Booting to black screen - Windows 10


  1. Posts : 1
    Windows 10
       #1

    Booting to black screen - Windows 10


    Restarted to finish installing Windows 10 updates, booted into a black screen. Boots into a black screen now every time I try to boot into normal mode.
    Ran Windows 10 fine since it was released. Never had this problem before in five years of using this laptop.
    It boots into safe mode fine, so I figured it was a problem with my graphics card. I tried uninstalling the drivers and the card, but the problem persisted.
    Eventually I gave up and reformatted the whole system using DBAN. Reinstalled Windows 10 fresh. It started up fine, but the resolution was wacky. I figured the GPU wasn't working, so I brought up the AMD website to install the necessary drivers. Suddenly it flashed to a black screen again. Now it's stuck on the original problem again: booting to black screen repeatedly.
    Tried reformatting again and reinstalling Windows 7. Installed and booted up fine, but again the resolution was wacky. Installed the drivers for the GPU, and it black screen again.
    Pretty stumped here. Any ideas? Or am I dealing with a trashed GPU?
    First post here. Thanks for your help!
    Windows 10
    Lenovo Y-560 laptop
    Core i7 720QM
    AMD Radeon HD 5730
    4GB Memory
    500GB 5400RPM HDD
      My Computer


  2. Posts : 42,734
    Win 10 Pro (22H2) (2nd PC is 22H2)
       #2

    Hi, if you'd only been dealing with one OS the suggestions could have been fairly straightforward. What puzzles me is that you also had problems when installing Win 7; as you know, you shouldn't have had to go looking for a graphics driver after installing Win 7.

    Did you install a graphics driver from your manufacturer's site (Win 7 case)? Graphics drivers e.g. generic ones are not guaranteed to work on a laptop. Noted you referred to the site earlier.

    Is the display ok in safe mode under Win 7?

    Have a look at the Event Viewer and see what the log tells you. You may find 'Whocrashed' (easily findable, free) gives you a simple view of driver events.

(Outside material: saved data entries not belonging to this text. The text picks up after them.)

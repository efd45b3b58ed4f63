//! What an expression is by itself, from its parts up.
ghost use Rattle.std.specs.Prelude.{◌≡◌, Ok, IfOk, map};
ghost use Rattle.vod_width.specs.Names.{declared};
ghost use Rattle.vod_operand.specs.Operands.{first};
ghost use Rattle.vod_width.specs.Sizes.{look, inside, look_index, sized_arguments};
ghost use Rattle.vod_operand.specs.Found.{Sees};
ghost use Rattle.vod_width.specs.View.{SeesKind, SeesParts, TreesAre, faults_of};

use crate::decls::Decls;
use crate::parts::{
    Parts, call, concat, fit_argument, inputs_of, no_parts, replicate, with_part, with_tree,
};
use crate::select::{index, name, range};
use sqlite_items::Items;
use std::alloc::{AllocError, Global};
use vod_design::{Size, SizedExpr};
use vod_operand::{Fault, Looked, at_place, binary, conditional, fit_own, literal, unary};
use vod_tree::{Expr, ExprKind, Ident};

// What an expression is.
#[cycle(look)]
pub(crate) fn look_expr(alloc: Global, decls: &Decls<'_>, e: &Expr) -> Result<Looked, AllocError>
    ensures { IfOk result (λ c. Sees c (look decls.now e.now)) }
{
    let x = look_kind(alloc, decls, e)?;
    Ok(at_place(e.place, x))
}

// What it is apart from its own place and width.
#[cycle(look)]
fn look_kind(alloc: Global, decls: &Decls<'_>, e: &Expr) -> Result<Looked, AllocError>
    ensures { IfOk result (λ c. SeesKind c (inside decls.now e.now)) }
{
    match &e.kind {
        ExprKind::Number(n) => Ok(literal(*n)),
        ExprKind::Name(ident) => Ok(name(e.place, decls, ident)),
        ExprKind::Index(ident, i) => look_index(alloc, decls, e.place, ident, i.get()),
        ExprKind::Range(ident, a, b) => {
            let first = look_expr(alloc, decls, a.get());
            let last = look_expr(alloc, decls, b.get());
            let (msb, lsb) = both_ok(first, last)?;
            range(alloc, e.place, decls, ident, msb, lsb)
        }
        ExprKind::Call(ident, arguments) => {
            let callee = decls.get(ident.name.as_slice());
            let trees = look_arguments(alloc, decls, inputs_of(callee), arguments.as_slice())?;
            Ok(call(e.place, callee, trees))
        }
        ExprKind::Paren(a) => look_expr(alloc, decls, a.get()),
        ExprKind::Concat(parts) => Ok(concat(look_parts(alloc, decls, parts.as_slice())?)),
        ExprKind::Replicate(count, parts) => {
            let times = look_expr(alloc, decls, count.get());
            let concat = look_parts(alloc, decls, parts.as_slice());
            let (count, parts) = both_ok(times, concat)?;
            replicate(alloc, e.place, count, parts)
        }
        ExprKind::Unary(op, a) => unary(alloc, *op, look_expr(alloc, decls, a.get())?),
        ExprKind::Binary(op, a, b) => {
            let left = look_expr(alloc, decls, a.get());
            let right = look_expr(alloc, decls, b.get());
            let (left, right) = both_ok(left, right)?;
            binary(alloc, *op, left, right)
        }
        ExprKind::Conditional(test, a, b) => {
            let tested = look_expr(alloc, decls, test.get());
            let taken = look_expr(alloc, decls, a.get());
            let other = look_expr(alloc, decls, b.get());
            let (test, (taken, other)) = both_ok(tested, both_ok(taken, other))?;
            conditional(alloc, test, taken, other)
        }
    }
}

// A select of one bit or word.
#[cycle(look)]
fn look_index(
    alloc: Global,
    decls: &Decls<'_>,
    place: u32,
    ident: &Ident,
    i: &Expr,
) -> Result<Looked, AllocError>
    ensures { IfOk result (λ c. SeesKind c (look_index place (declared decls.now ident.now.name) (look decls.now i.now))) }
{
    let i = look_expr(alloc, decls, i)?;
    index(alloc, place, decls, ident, i)
}

// The parts of a concatenation.
#[cycle(look)]
fn look_parts(alloc: Global, decls: &Decls<'_>, exprs: &[Expr]) -> Result<Parts, AllocError>
    ensures { IfOk result (λ p. SeesParts p (map (look decls.now) exprs.now)) }
{
    let mut parts = no_parts(alloc);
    for e in exprs {
        let x = look_expr(alloc, decls, e)?;
        let x = fit_own(alloc, x)?;
        parts = with_part(parts, x)?;
    }
    Ok(parts)
}

// The arguments of a call.
#[cycle(look)]
fn look_arguments(
    alloc: Global,
    decls: &Decls<'_>,
    inputs: &[Size],
    exprs: &[Expr],
) -> Result<Result<Items<SizedExpr>, Fault>, AllocError>
    ensures { IfOk result (λ r. TreesAre r (first (faults_of (map (look decls.now) exprs.now))) (sized_arguments inputs.now (map (look decls.now) exprs.now))) }
{
    let mut trees = Ok(Items::new(alloc));
    for (i, e) in exprs.iter().enumerate() {
        let x = look_expr(alloc, decls, e)?;
        let x = fit_argument(alloc, inputs, i, x)?;
        trees = with_tree(trees, x.tree)?;
    }
    Ok(trees)
}

// Both values, where there was memory for both.
pub(crate) fn both_ok<A: Drop, B: Drop>(
    a: Result<A, AllocError>,
    b: Result<B, AllocError>,
) -> Result<(A, B), AllocError>
    ensures { IfOk result (λ p. (a ≡ Ok p.0) × (b ≡ Ok p.1)) }
{
    match a {
        Ok(a) => match b {
            Ok(b) => Ok((a, b)),
            Err(e) => Err(e),
        },
        Err(e) => Err(e),
    }
}
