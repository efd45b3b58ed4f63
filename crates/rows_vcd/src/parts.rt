//! The parts of a design, as a row writes them.

use std::alloc::{AllocError, Global};
use vod_design::{Name, Precision, Scope, Signal, Unit};

/// The text before a sign, and that behind it.
pub fn cut(text: &str, sign: char) -> (&str, &str) {
    text.split_once(sign).unwrap_or((text, ""))
}

/// A unit of times with its count.
pub fn precision(text: &str) -> Option<Precision> {
    let (count, unit) = cut(text, ' ');
    let unit = match unit {
        "s" => Unit::S,
        "ms" => Unit::Ms,
        "us" => Unit::Us,
        "ns" => Unit::Ns,
        "ps" => Unit::Ps,
        "fs" => Unit::Fs,
        _ => return None,
    };
    Some(Precision {
        count: count.parse().ok()?,
        unit,
    })
}

fn name(alloc: Global, text: &str) -> Result<Name, AllocError> {
    Ok(Name::new(Vec::from_slice(alloc, text.as_bytes())?))
}

fn scope(alloc: Global, word: &str) -> Result<Scope, AllocError> {
    let (text, parent) = cut(word, '.');
    Ok(Scope {
        name: name(alloc, text)?,
        parent: parent.parse().ok(),
    })
}

/// The instances.
pub fn scopes(alloc: Global, words: &str) -> Result<Vec<Scope>, AllocError> {
    let mut scopes = Vec::new(alloc);
    for word in words.split(' ') {
        if !word.is_empty() {
            scopes.push(scope(alloc, word)?)?;
        }
    }
    Ok(scopes)
}

/// What a signal is, but for its name.
#[derive(Clone, Copy)]
struct Kind {
    scope: u32,
    width: u8,
    lsb: Option<u16>,
    register: bool,
}

fn kind_of(text: &str) -> Option<Kind> {
    let (scope, text) = cut(text, ':');
    let (kind, text) = cut(text, ':');
    let (width, lsb) = cut(text, ':');
    Some(Kind {
        scope: scope.parse().ok()?,
        width: width.parse().ok()?,
        lsb: lsb.parse().ok(),
        register: kind == "r",
    })
}

fn signal(name: Name, kind: Kind) -> Signal {
    Signal {
        name,
        scope: kind.scope,
        width: kind.width,
        lsb: kind.lsb.unwrap_or(0),
        ranged: kind.lsb.is_some(),
        register: kind.register,
    }
}

/// The signals.
pub fn signals(alloc: Global, words: &str) -> Result<Vec<Signal>, AllocError> {
    let mut signals = Vec::new(alloc);
    for word in words.split(' ') {
        let (text, rest) = cut(word, ':');
        if let Some(kind) = kind_of(rest) {
            signals.push(signal(name(alloc, text)?, kind))?;
        }
    }
    Ok(signals)
}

    I think what I'd try is - if you're using BIOS not UEFI- get yourself a (free) boot CD (Falcon's, Hiren's etc- easily findable on the internet) and boot from that, and see what happens. Those disks contain quite a few diagnostic programs, so you may find something helpful.

    Even if you have a boot disk for a partition manager, for example, try it and see if your display is stable.